Friday, May 13, 2011

If Only...

If only... Do you ever say those words?  A rhetorical question, I know.  We all say that.  If only I could lose 10 lbs...  If only my kids would listen...  If only I had more money... 

In the moments that followed Mike's death, I cannot tell you how many times I asked that question.  If only I had taken Mike's symtoms more seriously, if only the dr. had told him to go to the emergency room, if only money hadn't been so tight then Mike would have gone to the dr earlier, if only he had been given an echo cardiogram they would have seen the defect, if only I had gone into the room at 11:30 instead of noon.  I was eaten up with guilt.  I thought if I had done something different I would have been able to change it all.  Then there are these  if only questions... if only I had been a better wife, if only I had told him I loved him one more time, if only he really knew how I felt, if only I had one more moment back.  I was consumed for weeks about the if onlys... I so wanted what happened to change.  I wanted him back so badly I created ideas in my head of what I could have, or more importantly, should have done that would have saved his life.  It was all I thought of every moment. 
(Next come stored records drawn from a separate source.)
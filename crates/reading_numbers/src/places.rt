// The places of the readings' numbers, as include/caf.h names them (CAF_PLAIN_CHUNKS, CAF_STRICT_CHUNKS and so on). A format's own six
// numbers follow its rate, in the order of numbers::format_from_numbers.

// Of both the count of chunk headers met.
pub const CHUNKS: usize = 0;

// Of the plain reading whether there is a format, before its seven numbers, and the byte order and what follows.
pub const PLAIN_HAS_FORMAT: usize = 1;

pub const PLAIN_ENDIANNESS: usize = 9;

pub const PLAIN_PLACES: usize = 12;

// Of the strict one the rate, before the six others, and what follows them.
pub const STRICT_RATE: usize = 1;

pub const STRICT_SIZE_POSITION: usize = 8;

pub const STRICT_DATA_START: usize = 9;

pub const STRICT_PAYLOAD: usize = 10;

pub const STRICT_OPEN: usize = 11;

pub const STRICT_FRAMES: usize = 12;

pub const STRICT_PLACES: usize = 13;
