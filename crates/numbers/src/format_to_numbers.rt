// A format as numbers.
ghost use Rattle.std.specs.Prelude.{◌≡◌};
ghost use Rattle.byte_order.specs.Rate.{bits_of_rate};
ghost use Rattle.numbers.specs.FormatNumbers.{audio_numbers, format_numbers, order_number};

use byte_order::float::rate_to_bits;
use format::{AudioFormat, Endianness};

// The pattern of `bits_of_rate` for a not-a-number. No accepted file and no sound record has such a rate.
const NAN_BITS: u64 = 0x7FF8_0000_0000_0000;

fn rate_bits(rate: f64) -> u64
    ensures { result ≡ bits_of_rate rate }
{
    rate_to_bits(rate).unwrap_or(NAN_BITS)
}

pub fn audio_numbers(format: AudioFormat) -> [u64; 7]
    ensures { result ≡ audio_numbers format }
{
    [
        rate_bits(format.sample_rate),
        u64::from(format.format_id),
        u64::from(format.format_flags),
        u64::from(format.bytes_per_packet),
        u64::from(format.frames_per_packet),
        u64::from(format.channels_per_frame),
        u64::from(format.bits_per_channel),
    ]
}

pub fn format_numbers(format: Option<AudioFormat>) -> [u64; 8]
    ensures { result ≡ format_numbers format }
{
    match format {
        None => [0; 8],
        Some(f) => {
            let n = audio_numbers(f);
            [1, n[0], n[1], n[2], n[3], n[4], n[5], n[6]]
        }
    }
}

pub fn order_number(endianness: Endianness) -> u64
    ensures { result ≡ order_number endianness }
{
    match endianness {
        Endianness::BigEndian => 0,
        Endianness::LittleEndian => 1,
    }
}
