// Choices that C makes by a bool.
ghost use Rattle.std.specs.Prelude.{◌≡◌};
ghost use Rattle.numbers.specs.FormatNumbers.{byte_order, sample_type};

use format::{Endianness, PCMDataType};

pub fn byte_order(little_endian: bool) -> Endianness
    ensures { result ≡ byte_order little_endian }
{
    if little_endian {
        Endianness::LittleEndian
    } else {
        Endianness::BigEndian
    }
}

pub fn sample_type(is_float: bool) -> PCMDataType
    ensures { result ≡ sample_type is_float }
{
    if is_float {
        PCMDataType::Float
    } else {
        PCMDataType::SignedInteger
    }
}
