// Whether calls may have made a record. One that a caller made up is refused, so that nothing else has to be tested.
ghost use Rattle.std.specs.Prelude.{◌≡◌, ◌-◌, ◌≤◌};
ghost use Rattle.feeder.specs.declared.Phase.TheVariants.{OpenData as feeder·OpenData};
ghost use Rattle.feeder.specs.Record.{piece_size, is_by_bytes, rate_is, met_within, headers_before, is_closed_size, passed_within, phase_sound, sound};

use crate::pieces::piece_size;
use crate::{DataChunk, Feeder, Phase};
use answers::{FILE_MAX, Refusal};
use byte_order::float::is_not_a_number;
use format::AudioFormat;
use reading::chunk::is_bad_data_size;
use reading::sizes::{CHUNK_HEADER, EDIT_COUNT, FILE_HEADER, FIRST_BODY, FIRST_END, NEGATIVE};

fn rate_is(format: AudioFormat) -> bool
    ensures { result ≡ rate_is format }
{
    !is_not_a_number(format.sample_rate)
}

// Divided, since a count that a caller made up may be too large to multiply.
fn met_within(k: usize, n: usize) -> bool
    ensures { result ≡ met_within k n }
{
    1 <= k && FIRST_END <= n && k - 1 <= (n - FIRST_END) / CHUNK_HEADER
}

fn is_by_bytes(number: u32) -> bool
    ensures { result ≡ is_by_bytes number }
{
    number == Refusal::NotCaf as u32
        || number == Refusal::BadVersion as u32
        || number == Refusal::BadDesc as u32
        || number == Refusal::BadRate as u32
        || number == Refusal::BadSize as u32
        || number == Refusal::SecondData as u32
}

// The k headers stand before the last n of so many bytes.
fn headers_before(n: usize, bytes: usize, k: usize, format: AudioFormat) -> bool
    ensures { result ≡ headers_before n bytes k format }
{
    rate_is(format) && n <= bytes && met_within(k, bytes - n)
}

fn is_closed_size(size: u64) -> bool
    ensures { result ≡ is_closed_size size }
{
    EDIT_COUNT as u64 <= size && size < NEGATIVE
}

// A data chunk that was passed lies after the first chunk and within the first n bytes.
fn passed_within(data: Option<DataChunk>, n: usize) -> bool
    ensures { result ≡ passed_within «data» n }
{
    match data {
        None => true,
        Some(DataChunk { size, start }) => {
            is_closed_size(size)
                && FIRST_END + EDIT_COUNT <= start
                && start <= n
                && size as usize - EDIT_COUNT <= n - start
        }
    }
}

// The data stand after all headers and the edit count.
#[tactic(auto, unfolding(crate::specs::Record::phase_sound))]
fn open_sound(total: usize, k: usize, format: AudioFormat, start: usize) -> bool
    ensures { result ≡ phase_sound 0 total k (feeder·OpenData format start) }
{
    start <= total && headers_before(EDIT_COUNT, start, k, format)
}

#[tactic(auto, unfolding(crate::specs::Record::phase_sound))]
fn phase_sound(n: usize, total: usize, k: usize, phase: Phase) -> bool
    requires { n ≤ piece_size phase - 1 }
    ensures { result ≡ phase_sound n total k phase }
{
    match phase {
        Phase::FileHeader => total == n && k == 0,
        Phase::FirstHeader => total == FILE_HEADER + n && k == 0,
        Phase::Desc => total == FIRST_BODY + n && k == 1,
        Phase::Header(format, data) => {
            headers_before(n, total, k, format) && passed_within(data, total - n)
        }
        Phase::Skipping(format, data, left) => {
            headers_before(0, total, k, format)
                && passed_within(data, total)
                && 1 <= left
                && left < NEGATIVE as usize
        }
        Phase::Edit(format, size) => {
            headers_before(n, total, k, format) && !is_bad_data_size(size)
        }
        Phase::OpenData(format, start) => open_sound(total, k, format, start),
        Phase::ClosedData(format, DataChunk { size, start }, left) => {
            open_sound(total, k, format, start)
                && is_closed_size(size)
                && 1 <= left
                && left <= size as usize - EDIT_COUNT
                && total - start == size as usize - EDIT_COUNT - left
        }
        Phase::Refused(number) => {
            k <= total / CHUNK_HEADER && (number == Refusal::TooLong as u32 || is_by_bytes(number))
        }
    }
}

// Fewer bytes are held than the piece has, and none where there is no piece.
#[tactic(auto, unfolding(crate::specs::Record::sound))]
pub fn is_sound(r: Feeder) -> bool
    ensures { result ≡ sound r }
{
    r.total <= FILE_MAX
        && r.count <= piece_size(r.phase).saturating_sub(1)
        && phase_sound(r.count, r.total, r.chunks, r.phase)
}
Finally one day I just said...I didn't, so now what?  Mike wasn't coming back and I couldn't change that with my if onlys.  And if I continued to ask if only, I would never get over my guilt. I started to remember all that I did do.  I comforted Mike.  I told him I loved him the night before he died.  I layed with him in the bed that morning and rubbed his head.  I did love him enough and he knew it.  I have to hold onto all the wonders that we had.  And learn from what I didn't do.  

So anyone who is reading this and is asking if only, go back and think of the things you did right and hold onto them.  Don't let the guilt eat you up.  Regrets are hard to live with.  Use today to tell your family and friends you love them, to say thank you to someone special, to laugh a little louder or just smile at a stranger.  Because you have the power to change the if onlys to right now.